**Exercise instructions**
Lines before the one containing "this serial, if there are any." are left out; output the rest of the data exactly, through the final line.

**Source data**

-------

//! The client's calls.

ghost use Rattle.std.specs.Prelude.{◌≡◌, ◌<◌, ◌^◌, ◌||◌, ◌==◌, if◌then◌else◌, ℕ, nat_eq, nat_le, List, [], ◌∷◌, true, Some, None, OnOk, OnErr};
ghost use Rattle.fp_base.specs.declared.side.Side.TheVariants as side;
ghost use Rattle.indexmap.specs.IndexMap.{get, index_map_len};
ghost use Rattle.bus_policy.specs.declared.verdict.Verdict.{Verdict};
ghost use Rattle.bus_policy.specs.Driver.{is_listing};
ghost use Rattle.bus_policy.specs.Events.{Judged, is_call, wants_no_reply, is_forwarded};
ghost use Rattle.bus_policy.specs.Watching.{CallsAt, is_up_to, calls_with, judged_event};

use crate::driver::asks_for_names;
use bus_frame::Header;
use indexmap::IndexMap;
use std::alloc::{AllocError, Global};
use std::hash::BuildHasher;

/// The client's calls with one serial that wait for a reply.
#[derive(Clone, Copy)]
pub struct WaitingCalls {
    /// Whether one of the calls lists the names of the bus.
    pub list_names: bool,
    /// Whether the serial was reused: a call with it was forwarded after another one with the same
    /// or a higher serial.
    pub reused: bool,
}

/// Returns the waiting calls with one serial after one more call with it. A call that expects no
/// reply doesn't wait.
fn with_call(header: &Header, reused: bool, waiting: Option<WaitingCalls>) -> Option<WaitingCalls>
    ensures { result
        ≡ calls_with (wants_no_reply header.now) (is_listing header.now) reused waiting }
{
    match (header.flags.want_no_reply(), waiting) {
        (true, None) => None,
        (true, Some(calls)) => Some(WaitingCalls { reused, ..calls }),
        (false, None) => Some(WaitingCalls {
            list_names: asks_for_names(header),
            reused,
        }),
        (false, Some(calls)) => Some(WaitingCalls {
            list_names: calls.list_names || asks_for_names(header),
            reused,
        }),
    }
}

/// The facts that a watch stores of the client's calls.
#[derive(Drop)]
pub struct ClientCalls<S: BuildHasher> {
    /// The waiting calls, by their serials.
    pub waiting: IndexMap<u32, WaitingCalls, S>,
    /// The highest serial of a forwarded call so far.
    pub highest: Option<u32>,
}

impl<S: BuildHasher + Copy> ClientCalls<S> {
    /// Creates the state before any call.
    pub fn new(alloc: Global, hash_builder: S) -> Self
        ensures { CallsAt result [] }
    {
        ClientCalls {
            waiting: IndexMap::with_hasher(alloc, hash_builder),
            highest: None,
        }
    }

    /// Notes a call that is forwarded. Errs only if memory runs out, and then nothing changes.
    pub fn add(&mut self, header: &Header) -> Result<(), AllocError>
        ensures ok { (noted : List Judged) (bytes : List ℕ) (verdict : Verdict)
            → is_call header.now ≡ true → is_forwarded verdict ≡ true → CallsAt self.old noted
            → OnOk result (CallsAt self.new
            (judged_event side.Client header.now bytes verdict ∷ noted)) }
        ensures err { (noted : List Judged) → CallsAt self.old noted
            → OnErr result (CallsAt self.new noted) }
    {
        let reused = self.is_used(header.serial);
        self.put_call(header, reused)?;
        self.raise(header.serial);
        Ok(())
    }

    /// Adds a call to the waiting ones, if it expects a reply. A call that expects none only sets
    /// the mark `reused` of the waiting calls with its serial, if there are any. On an error
    /// nothing changes.
    fn put_call(&mut self, header: &Header, reused: bool) -> Result<(), AllocError>
        ensures ok { OnOk result ((s : ℕ) → get nat_eq self.new.waiting s
            ≡ (if header.now.serial == s then calls_with (wants_no_reply header.now)
            (is_listing header.now) reused (get nat_eq self.old.waiting header.now.serial)
            else get nat_eq self.old.waiting s)) }
        ensures err { OnErr result ((s : ℕ) → get nat_eq self.new.waiting s
            ≡ get nat_eq self.old.waiting s) }
        ensures highest { self.new.highest ≡ self.old.highest }
    {
        match with_call(header, reused, self.with_serial(header.serial)) {
            Some(calls) => self.put(header.serial, calls),
            None => Ok(()),
        }
    }

    /// Removes all calls with this serial, to which a reply was forwarded.
    pub fn end(&mut self, serial: u32)
        ensures waiting { (s : ℕ) → get nat_eq self.new.waiting s
            ≡ (if serial == s then None else get nat_eq self.old.waiting s) }
        ensures highest { self.new.highest ≡ self.old.highest }
    {
        self.waiting.swap_remove(&serial);
    }

    /// Returns whether a call with this serial or a higher one was forwarded.
    fn is_used(&self, serial: u32) -> bool
        ensures { result ≡ is_up_to self.now.highest serial }
    {
        match self.highest {
            Some(highest) => serial <= highest,
            None => false,
        }
    }

    /// Sets the waiting calls with this serial. On an error nothing changes.
    fn put(&mut self, serial: u32, calls: WaitingCalls) -> Result<(), AllocError>
        ensures ok { OnOk result ((s : ℕ) → get nat_eq self.new.waiting s
            ≡ (if serial == s then Some calls else get nat_eq self.old.waiting s)) }
        ensures err { OnErr result ((s : ℕ) → get nat_eq self.new.waiting s
            ≡ get nat_eq self.old.waiting s) }
        ensures highest { self.new.highest ≡ self.old.highest }
    {
        self.waiting.insert(serial, calls)?;
        Ok(())
    }

    /// Raises the highest serial to this one, if it is lower.
    fn raise(&mut self, serial: u32)
        ensures waiting { self.new.waiting ≡ self.old.waiting }
        ensures highest { (s : ℕ) → is_up_to self.new.highest s
            ≡ (nat_le s serial || is_up_to self.old.highest s) }
    {
        if !self.is_used(serial) {
            self.highest = Some(serial);
        }
    }
}

impl<S: BuildHasher> ClientCalls<S> {
    /// Returns the number of serials with waiting calls.
    pub fn count(&self) -> usize
        ensures count { result ≡ index_map_len self.now.waiting }
        ensures small { result < 2 ^ 63 }
    {
        self.waiting.len()
    }

    /// Returns the waiting calls with this serial, if there are any.
    pub fn with_serial(&self, serial: u32) -> Option<WaitingCalls>
        ensures { result ≡ get nat_eq self.now.waiting serial }
    {
        self.waiting.get(&serial).copied()
    }
}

-------

**Response area**
    /// Returns the waiting calls with this serial, if there are any.
    pub fn with_serial(&self, serial: u32) -> Option<WaitingCalls>
        ensures { result ≡ get nat_eq self.now.waiting serial }
    {
        self.waiting.get(&serial).copied()
    }
}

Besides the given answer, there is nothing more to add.